Work instruction:
Report the number of lines in these entries that contain "were". Write only the number.

Source information:
= Beginning of Section =

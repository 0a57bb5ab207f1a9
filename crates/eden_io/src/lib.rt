//! Where bytes come from and where they go: a source and a sink, each with a count of its faults.
#![tactic(auto)]

mod memory;
mod traits;
mod whole;

pub use memory::{MemSink, MemSource, OutOfMemory};
pub use traits::{Failed, Sink, Source};
pub use whole::{ReadRefusal, read_all, write_all};
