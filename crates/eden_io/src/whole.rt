//! Reading a source to its end, and writing all of some bytes.
ghost use Rattle.std.specs.Prelude.{◌≡◌, ◌≤◌, ℕ, true, OnOk, OnErr, IsErrOf};
ghost use Rattle.std.specs.Io.KnownBytes.{Appends, IsAtEnd};
ghost use Rattle.eden_io.specs.Causes.{Rose, HasCause};
ghost use Rattle.eden_io.specs.Taken.{Takes, AppendsPart};

use crate::{Failed, Sink, Source};
use std::alloc::{AllocError, Global};
use thiserror::Error;

// How many bytes one read asks for.
const CHUNK: usize = 4096;

/// Why a source was not read to its end.
#[derive(Clone, Copy, Debug, PartialEq, Eq, Error)]
pub enum ReadRefusal {
    /// A read failed.
    #[error("a read failed")]
    Failed,
    /// More bytes than the limit were taken.
    #[error("there are more bytes than are taken")]
    TooLong,
    #[error("there is no memory for the bytes")]
    OutOfMemory,
}

impl From<AllocError> for ReadRefusal {
    ghost use Rattle.eden_io.specs.declared.whole.ReadRefusal.TheVariants.{OutOfMemory};

    ghost from_gives = { λ _ e. e ≡ OutOfMemory };

    fn from(_: AllocError) -> Self {
        ReadRefusal::OutOfMemory
    }
}

impl From<Failed> for ReadRefusal {
    ghost use Rattle.eden_io.specs.declared.whole.ReadRefusal.TheVariants.{Failed};

    ghost from_gives = { λ _ e. e ≡ Failed };

    fn from(_: Failed) -> Self {
        ReadRefusal::Failed
    }
}

/// Reads a source to its end, and answers all of its bytes, of which there are at most `limit`.
///
/// Where it is refused, some bytes may have been taken.
pub fn read_all<S: Source>(
    alloc: Global,
    source: &mut S,
    limit: u32,
) -> Result<Vec<u8>, ReadRefusal>
    ensures taken { Takes (S.left source.old) (S.left source.new) limit result }
    ensures end { OnOk result (S.ended source.new ≡ true) }
    ensures all { OnOk result (IsAtEnd (S.left source.new)) }
    ensures later { S.faults source.old ≤ S.faults source.new }
    ensures failed { IsErrOf result ReadRefusal.Failed → Rose (S.faults source.old) (S.faults source.new) }
{
    let mut bytes = Vec::new(alloc);
    let mut chunk = [0u8; CHUNK];
    loop {
        let count = source.read(&mut chunk)?;
        if count == 0 {
            return Ok(bytes);
        }
        if bytes.len() + count > limit as usize {
            return Err(ReadRefusal::TooLong);
        }
        bytes.extend_from_slice(&chunk[..count])?;
    }
}

/// Writes all of the bytes. Where it fails, some of them, from the front, were written.
pub fn write_all<K: Sink>(sink: &mut K, bytes: &[u8]) -> Result<(), Failed>
    ensures all { OnOk result (Appends (K.written sink.old) (K.written sink.new) bytes.now) }
    ensures part { OnErr result (AppendsPart (K.written sink.old) (K.written sink.new) bytes.now) }
    ensures cause { HasCause (K.faults sink.old) (K.faults sink.new) result }
{
    let mut at = 0;
    while at < bytes.len() {
        at += sink.write(&bytes[at..])?;
    }
    Ok(())
}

= End of Section =

Reply:
2